Хорошо бы узнать. Хорошо бы понять, кто еще тут живет. Не для того, чтобы просить помощи – боже упаси, я не привыкла клянчить, не привыкла унижаться и протягивать руку. За тридцать восемь лет на Земле, в строительной компании, среди смет и договоров, я научилась только одному: рассчитывать на себя. Никто не придет, никто не спасет, никто не поделится последним куском просто так. Но хотя бы для того, чтобы знать. Чтобы не чувствовать себя единственным живым существом на многие мили вокруг. Это одиночество, эта абсолютная, гробовая изоляция давили сильнее, чем страх перед лесом. Страх – он хотя бы понятен, он мобилизует, заставляет быть начеку. А одиночество высасывает силы по капле, каждый день, каждую минуту. Шепчет на ухо: "Ты одна. Вы одни. Никто не придет. Никто даже не узнает, как вы умрете".
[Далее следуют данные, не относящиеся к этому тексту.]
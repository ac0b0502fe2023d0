// The files that a fault is told of.

/// One of the files that a task and its plan are read from.
#[derive(Clone, Copy, PartialEq, Eq)]
pub enum Which {
    Domain,
    Problem,
    Plan,
}
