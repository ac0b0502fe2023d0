// Marks of what effects share.

/// What an effect is known to share with the one before it: where a mark is not set, nothing is known.
#[derive(Clone, Copy)]
pub struct Sameness {
    /// The types of its variables are those of the one before.
    pub over: bool,
    /// Its condition is that of the one before.
    pub cond: bool,
}
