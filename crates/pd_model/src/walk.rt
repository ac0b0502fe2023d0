// The walk in depth through the tree of types.
ghost use Rattle.std.specs.Prelude.{◌≡◌, ◌<◌, ◌^◌, ◌+◌, ℕ, List, IfOk, IsTrue, false, length, slice_index};
ghost use Rattle.pd_model.specs.Types.{parents_of};
ghost use Rattle.pd_model.specs.own.TypeTree.{IsTypeTree};
ghost use Rattle.pd_model.specs.own.Walk.{AreRooted, AreChains, IsWalk, to_do};

use crate::{Memory, TypeDecl};
use std::alloc::Global;

/// The parent of a type.
fn parent_of(types: &[TypeDecl], kind: u32) -> u32
    ensures { result ≡ slice_index (parents_of types.now) kind }
{
    match types.get(kind as usize) {
        Some(declared) => declared.parent,
        None => 0,
    }
}

/// For each type its last child, and the child of its parent that comes before it; 0 where there is none.
#[derive(Drop)]
struct Chains {
    last: Vec<u32>,
    before: Vec<u32>,
}

/// Chains the children of each type.
fn chain_children(alloc: Global, types: &[TypeDecl]) -> Result<Chains, Memory>
    requires rooted { AreRooted (parents_of types.now) }
    requires few { length types.now < 2 ^ 32 }
    ensures { IfOk result (λ c. AreChains (parents_of types.now) c.last.items c.before.items (length types.now)) }
{
    let mut last = vec![in alloc; 0; types.len()]?;
    let mut before = vec![in alloc; 0; types.len()]?;
    for kind in 1..types.len() as u32 {
        let parent = parent_of(types, kind) as usize;
        before[kind as usize] = last[parent];
        last[parent] = kind;
    }
    Ok(Chains { last, before })
}

/// A walk that stands at an open type. Entries and exits are numbered from 1; 0 is that of a type that was not entered,
/// or not left.
#[derive(Drop)]
pub struct Walk {
    pub entries: Vec<usize>,
    pub exits: Vec<usize>,
    /// The last child of each type that was not entered yet, and 0 where there is none.
    last: Vec<u32>,
    before: Vec<u32>,
    next: usize,
    at: u32,
}

impl Walk {
    /// Enters type 0.
    pub fn start(alloc: Global, types: &[TypeDecl]) -> Result<Walk, Memory>
        requires rooted { AreRooted (parents_of types.now) }
        requires few { length types.now < 2 ^ 32 }
        ensures { IfOk result (λ w. IsWalk (parents_of types.now) w.entries.items w.exits.items w.last.items w.before.items w.next w.at) }
    {
        let Chains { last, before } = chain_children(alloc, types)?;
        let mut entries = vec![in alloc; 0; types.len()]?;
        entries[0] = 1;
        Ok(Walk {
            entries,
            exits: vec![in alloc; 0; types.len()]?,
            last,
            before,
            next: 2,
            at: 0,
        })
    }

    /// Enters a child, or leaves the type for its parent. Answers whether a type is open after it.
    pub fn step(&mut self, types: &[TypeDecl]) -> bool
        requires { IsWalk (parents_of types.now) self.old.entries.items self.old.exits.items self.old.last.items self.old.before.items self.old.next self.old.at }
        ensures goes_on { IsTrue result → IsWalk (parents_of types.now) self.new.entries.items self.new.exits.items self.new.last.items self.new.before.items self.new.next self.new.at }
        ensures done { result ≡ false → IsTypeTree (parents_of types.now) self.new.entries.items self.new.exits.items }
        ensures fewer { to_do self.new.entries.items + to_do self.new.exits.items < to_do self.old.entries.items + to_do self.old.exits.items }
    {
        let at = self.at as usize;
        let child = self.last[at];
        if child > 0 {
            self.last[at] = self.before[child as usize];
            self.entries[child as usize] = self.next;
            self.next += 1;
            self.at = child;
            return true;
        }
        self.exits[at] = self.next;
        if at == 0 {
            return false;
        }
        self.at = parent_of(types, self.at);
        true
    }
}
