// The tree of types.
ghost use Rattle.std.specs.Prelude.{◌≡◌, ◌<◌, ◌^◌, ℕ, IfOk, length, slice_index};
ghost use Rattle.pd_model.specs.Types.{parents_of};
ghost use Rattle.pd_model.specs.own.TypeTree.{is_between, IsTypeTree};
ghost use Rattle.pd_model.specs.own.Walk.{AreRooted};

use crate::walk::Walk;
use crate::{Memory, TypeDecl};
use std::alloc::Global;

/// The numbers at which a walk in depth enters and leaves the types. The types at or under one are those that are
/// entered while it is open, so that a test of two types takes constant time.
#[derive(Drop)]
pub struct TypeTree {
    pub entries: Vec<usize>,
    pub exits: Vec<usize>,
}

fn number_at(numbers: &[usize], i: u32) -> usize
    ensures { result ≡ slice_index numbers.now i }
{
    match numbers.get(i as usize) {
        Some(number) => *number,
        None => 0,
    }
}

impl TypeTree {
    /// The tree of the types, in time that is linear in them.
    pub fn of(alloc: Global, types: &[TypeDecl]) -> Result<TypeTree, Memory>
        requires rooted { AreRooted (parents_of types.now) }
        requires few { length types.now < 2 ^ 32 }
        ensures { IfOk result (λ t. IsTypeTree (parents_of types.now) t.entries.items t.exits.items) }
    {
        let mut walk = Walk::start(alloc, types)?;
        while walk.step(types) {}
        let Walk { entries, exits, .. } = walk;
        Ok(TypeTree { entries, exits })
    }

    /// The number at which a type is entered.
    pub fn entry(&self, kind: u32) -> usize
        ensures { result ≡ slice_index self.now.entries.items kind }
    {
        number_at(&self.entries, kind)
    }

    /// The number at which a type is left.
    pub fn exit(&self, kind: u32) -> usize
        ensures { result ≡ slice_index self.now.exits.items kind }
    {
        number_at(&self.exits, kind)
    }

    /// Whether a type is entered while another is open.
    pub fn is_between(&self, kind: u32, above: u32) -> bool
        ensures { result ≡ is_between self.now.entries.items self.now.exits.items kind above }
    {
        self.entry(above) <= self.entry(kind) && self.entry(kind) < self.exit(above)
    }
}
Я поежилась. Тулуп на плечах намок, отяжелел, и холод пробирался сквозь овчину, находил щели, забирался под одежду липкими, ледяными пальцами. Ветер усилился. Он гнал по лужам мелкую, неспокойную рябь, заставлял воду вздрагивать и морщиться, как живую. Зашелестел пожухлой, мертвой травой у забора, зашуршал по крыше, завыл в щелях – тоскливо, протяжно, на одной ноте. Где-то вдалеке, со стороны леса, каркнула ворона. Один раз, второй, третий. Звук этот прозвучал зловеще, как предупреждение, как крик часового, заметившего опасность. Я невольно вгляделась в темноту меж стволов, но там было пусто. Только тьма, только ветер, только мое собственное отражение в мутной воде лужи у ног.